DATA FOR THIS EXERCISE
#####
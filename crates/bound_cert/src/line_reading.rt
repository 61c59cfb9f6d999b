// Lines from text.
ghost use Rattle.std.specs.Prelude.{◌≡◌, ◌≢◌, ℕ, List, [], ◌∷◌, codes, IfSome, IfNone, IsTrue, ◌↔◌};
ghost use Rattle.bound_cert.specs.declared.heading.Answer.{Answer as AnswerValue};
ghost use Rattle.bound_cert.specs.Words.{rest_words};
ghost use Rattle.bound_cert.specs.Lines.{Entry, Title, Span, Pinned, Answered, Planned, NoPlan, Bounded, NoBound, Branch, Leaf, Give, entry_of, operands, keyword, line_text, IsLine};

use crate::heading::Answer;
use crate::text_line::TextLine;
use crate::words::{at_end, next_number, next_set, next_word};

/// The greatest number of a plan's bytes and of a bound.
const MOST_BYTES: u128 = (1 << 50) - 1;

/// The greatest end of a range, and the greatest weight of a mix.
const MOST_WEIGHT: u128 = (1 << 51) - 1;

/// The greatest charge and the greatest reward.
const MOST_SHARE: u128 = (1 << 100) - 1;

/// What a line says, without its LF. `None` where the bytes are no line of a document.
pub fn read_line(text: &[u8]) -> Option<TextLine<'_>>
    ensures found { IfSome result (λ l. IsLine (entry_of l) × (text.now ≡ line_text (entry_of l))) }
    ensures none { IfNone result ((e : Entry) → IsLine e → text.now ≢ line_text e) }
{
    let (word, rest) = next_word(Some(text))?;
    line_of(word, rest)
}

fn line_of<'a>(word: &[u8], rest: Option<&'a [u8]>) -> Option<TextLine<'a>>
    ensures found { IfSome result (λ l. IsLine (entry_of l) × (word.now ∷ rest_words rest.entry ≡ keyword (entry_of l) ∷ operands (entry_of l))) }
    ensures none { IfNone result ((e : Entry) → IsLine e → word.now ∷ rest_words rest.entry ≢ keyword e ∷ operands e) }
{
    if word == b"give".as_slice() {
        give_of(rest)
    } else if word == b"bound".as_slice() {
        bound_of(rest)
    } else if word == b"branch".as_slice() {
        branch_of(rest)
    } else {
        rare_line_of(word, rest)
    }
}

// A line that has none of the words of a tree's long lines.
fn rare_line_of<'a>(word: &[u8], rest: Option<&'a [u8]>) -> Option<TextLine<'a>>
    requires no_give { word.now ≢ codes "give" }
    requires no_bound { word.now ≢ codes "bound" }
    requires no_branch { word.now ≢ codes "branch" }
    ensures found { IfSome result (λ l. IsLine (entry_of l) × (word.now ∷ rest_words rest.entry ≡ keyword (entry_of l) ∷ operands (entry_of l))) }
    ensures none { IfNone result ((e : Entry) → IsLine e → word.now ∷ rest_words rest.entry ≢ keyword e ∷ operands e) }
{
    if word == b"plan".as_slice() {
        plan_of(rest)
    } else if word == b"answer".as_slice() {
        answer_of(rest)
    } else if word == b"pins".as_slice() {
        pins_of(rest)
    } else if word == b"range".as_slice() {
        span_of(rest)
    } else if word == b"goseed".as_slice() {
        title_of(rest)
    } else {
        bare_line_of(word, rest)
    }
}

// A line of one word.
fn bare_line_of<'a>(word: &[u8], rest: Option<&[u8]>) -> Option<TextLine<'a>>
    requires no_give { word.now ≢ codes "give" }
    requires no_bound { word.now ≢ codes "bound" }
    requires no_branch { word.now ≢ codes "branch" }
    requires no_plan { word.now ≢ codes "plan" }
    requires no_answer { word.now ≢ codes "answer" }
    requires no_pins { word.now ≢ codes "pins" }
    requires no_range { word.now ≢ codes "range" }
    requires no_title { word.now ≢ codes "goseed" }
    ensures found { IfSome result (λ l. IsLine (entry_of l) × (word.now ∷ rest_words rest.entry ≡ keyword (entry_of l) ∷ operands (entry_of l))) }
    ensures none { IfNone result ((e : Entry) → IsLine e → word.now ∷ rest_words rest.entry ≢ keyword e ∷ operands e) }
{
    if !at_end(rest) {
        None
    } else if word == b"low".as_slice() {
        Some(TextLine::Low)
    } else if word == b"high".as_slice() {
        Some(TextLine::High)
    } else if word == b"end".as_slice() {
        Some(TextLine::End)
    } else {
        None
    }
}

fn title_of<'a>(rest: Option<&[u8]>) -> Option<TextLine<'a>>
    ensures found { IfSome result (λ l. IsLine (entry_of l) × (codes "goseed" ∷ rest_words rest.entry ≡ keyword (entry_of l) ∷ operands (entry_of l))) }
    ensures none { IfNone result ((v : ℕ) → IsLine (Title v) → rest_words rest.entry ≢ operands (Title v)) }
{
    let (version, rest) = next_number(rest, 2)?;
    if version == 0 {
        return None;
    }
    if !at_end(rest) {
        return None;
    }
    Some(TextLine::Title {
        version: version as u8,
    })
}

fn span_of<'a>(rest: Option<&[u8]>) -> Option<TextLine<'a>>
    ensures found { IfSome result (λ l. IsLine (entry_of l) × (codes "range" ∷ rest_words rest.entry ≡ keyword (entry_of l) ∷ operands (entry_of l))) }
    ensures none { IfNone result ((l h : ℕ) → IsLine (Span l h) → rest_words rest.entry ≢ operands (Span l h)) }
{
    let (low, rest) = next_number(rest, MOST_WEIGHT)?;
    let (high, rest) = next_number(rest, MOST_WEIGHT)?;
    if low > high {
        return None;
    }
    if !at_end(rest) {
        return None;
    }
    Some(TextLine::Span {
        low: low as u64,
        high: high as u64,
    })
}

fn pins_of(rest: Option<&[u8]>) -> Option<TextLine<'_>>
    ensures found { IfSome result (λ l. IsLine (entry_of l) × (codes "pins" ∷ rest_words rest.entry ≡ keyword (entry_of l) ∷ operands (entry_of l))) }
    ensures none { IfNone result ((g s : List ℕ) → IsLine (Pinned g s) → rest_words rest.entry ≢ operands (Pinned g s)) }
{
    let (go, rest) = next_set(rest)?;
    let (stay, rest) = next_set(rest)?;
    if !at_end(rest) {
        return None;
    }
    Some(TextLine::Pinned { go, stay })
}

fn answer_of<'a>(rest: Option<&[u8]>) -> Option<TextLine<'a>>
    ensures found { IfSome result (λ l. IsLine (entry_of l) × (codes "answer" ∷ rest_words rest.entry ≡ keyword (entry_of l) ∷ operands (entry_of l))) }
    ensures none { IfNone result ((a : AnswerValue) → rest_words rest.entry ≢ operands (Answered a)) }
{
    let (word, rest) = next_word(rest)?;
    if !at_end(rest) {
        None
    } else if word == b"optimal".as_slice() {
        Some(TextLine::Answered(Answer::Optimal))
    } else if word == b"infeasible".as_slice() {
        Some(TextLine::Answered(Answer::Infeasible))
    } else if word == b"open".as_slice() {
        Some(TextLine::Answered(Answer::Open))
    } else {
        None
    }
}

fn plan_of(rest: Option<&[u8]>) -> Option<TextLine<'_>>
    ensures found { IfSome result (λ l. IsLine (entry_of l) × (codes "plan" ∷ rest_words rest.entry ≡ keyword (entry_of l) ∷ operands (entry_of l))) }
    ensures no_plan { IfNone result (rest_words rest.entry ≢ operands NoPlan) }
    ensures none { IfNone result ((s : List ℕ) (m r : ℕ) → IsLine (Planned s m r) → rest_words rest.entry ≢ operands (Planned s m r)) }
{
    let (word, after) = next_word(rest)?;
    if !at_end(after) {
        return planned_of(rest);
    }
    if word == b"none".as_slice() {
        Some(TextLine::NoPlan)
    } else {
        None
    }
}

fn planned_of(rest: Option<&[u8]>) -> Option<TextLine<'_>>
    ensures found { IfSome result (λ l. IsLine (entry_of l) × (codes "plan" ∷ rest_words rest.entry ≡ keyword (entry_of l) ∷ operands (entry_of l))) }
    ensures none { IfNone result ((s : List ℕ) (m r : ℕ) → IsLine (Planned s m r) → rest_words rest.entry ≢ operands (Planned s m r)) }
{
    let (set, rest) = next_set(rest)?;
    let (migrated, rest) = next_number(rest, MOST_BYTES)?;
    let (replicated, rest) = next_number(rest, MOST_BYTES)?;
    if !at_end(rest) {
        return None;
    }
    Some(TextLine::Planned {
        set,
        migrated: migrated as u64,
        replicated: replicated as u64,
    })
}

fn bound_of<'a>(rest: Option<&[u8]>) -> Option<TextLine<'a>>
    ensures found { IfSome result (λ l. IsLine (entry_of l) × (codes "bound" ∷ rest_words rest.entry ≡ keyword (entry_of l) ∷ operands (entry_of l))) }
    ensures no_bound { IfNone result (rest_words rest.entry ≢ operands NoBound) }
    ensures no_number { IfNone result ((z : ℕ) → IsLine (Bounded z) → rest_words rest.entry ≢ operands (Bounded z)) }
    ensures none { IfNone result ((p q k : ℕ) → IsLine (Leaf p q k) → rest_words rest.entry ≢ operands (Leaf p q k)) }
{
    let (word, after) = next_word(rest)?;
    if !at_end(after) {
        return leaf_of(rest);
    }
    if word == b"none".as_slice() {
        return Some(TextLine::NoBound);
    }
    let (bound, _) = next_number(rest, MOST_BYTES)?;
    Some(TextLine::Bounded {
        bound: bound as u64,
    })
}

fn leaf_of<'a>(rest: Option<&[u8]>) -> Option<TextLine<'a>>
    ensures found { IfSome result (λ l. IsLine (entry_of l) × (codes "bound" ∷ rest_words rest.entry ≡ keyword (entry_of l) ∷ operands (entry_of l))) }
    ensures none { IfNone result ((p q k : ℕ) → IsLine (Leaf p q k) → rest_words rest.entry ≢ operands (Leaf p q k)) }
{
    let (p, rest) = next_number(rest, 1 << 50)?;
    let (q, rest) = next_number(rest, 1 << 50)?;
    let (gives, rest) = next_number(rest, 4194303)?;
    if q == 0 {
        return None;
    }
    if !at_end(rest) {
        return None;
    }
    Some(TextLine::Leaf {
        p: p as u64,
        q: q as u64,
        gives: gives as u32,
    })
}

fn branch_of(rest: Option<&[u8]>) -> Option<TextLine<'_>>
    ensures found { IfSome result (λ l. IsLine (entry_of l) × (codes "branch" ∷ rest_words rest.entry ≡ keyword (entry_of l) ∷ operands (entry_of l))) }
    ensures none { IfNone result ((f : ℕ) (p q : List ℕ) (a b : ℕ) → IsLine (Branch f p q a b) → rest_words rest.entry ≢ operands (Branch f p q a b)) }
{
    let (file, rest) = next_number(rest, 16382)?;
    let (first, rest) = next_set(rest)?;
    let (second, rest) = next_set(rest)?;
    let (alpha, rest) = next_number(rest, MOST_WEIGHT)?;
    let (beta, rest) = next_number(rest, MOST_WEIGHT)?;
    if !at_end(rest) {
        return None;
    }
    Some(TextLine::Branch {
        file: file as u32,
        first,
        second,
        alpha: alpha as u64,
        beta: beta as u64,
    })
}

fn give_of<'a>(rest: Option<&[u8]>) -> Option<TextLine<'a>>
    ensures found { IfSome result (λ l. IsLine (entry_of l) × (codes "give" ∷ rest_words rest.entry ≡ keyword (entry_of l) ∷ operands (entry_of l))) }
    ensures none { IfNone result ((c f a b : ℕ) → IsLine (Give c f a b) → rest_words rest.entry ≢ operands (Give c f a b)) }
{
    let (class, rest) = next_number(rest, 1048574)?;
    let (file, rest) = next_number(rest, 16382)?;
    let (charge, rest) = next_number(rest, MOST_SHARE)?;
    let (reward, rest) = next_number(rest, MOST_SHARE)?;
    if charge == 0 && reward == 0 {
        return None;
    }
    if !at_end(rest) {
        return None;
    }
    Some(TextLine::Give {
        class: class as u32,
        file: file as u32,
        charge,
        reward,
    })
}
#####
TASK INSTRUCTIONS
Scan the listing for "migrated" and copy out each line that has it.

RESULT FOR THIS EXERCISE
    let (migrated, rest) = next_number(rest, MOST_BYTES)?;
        migrated: migrated as u64,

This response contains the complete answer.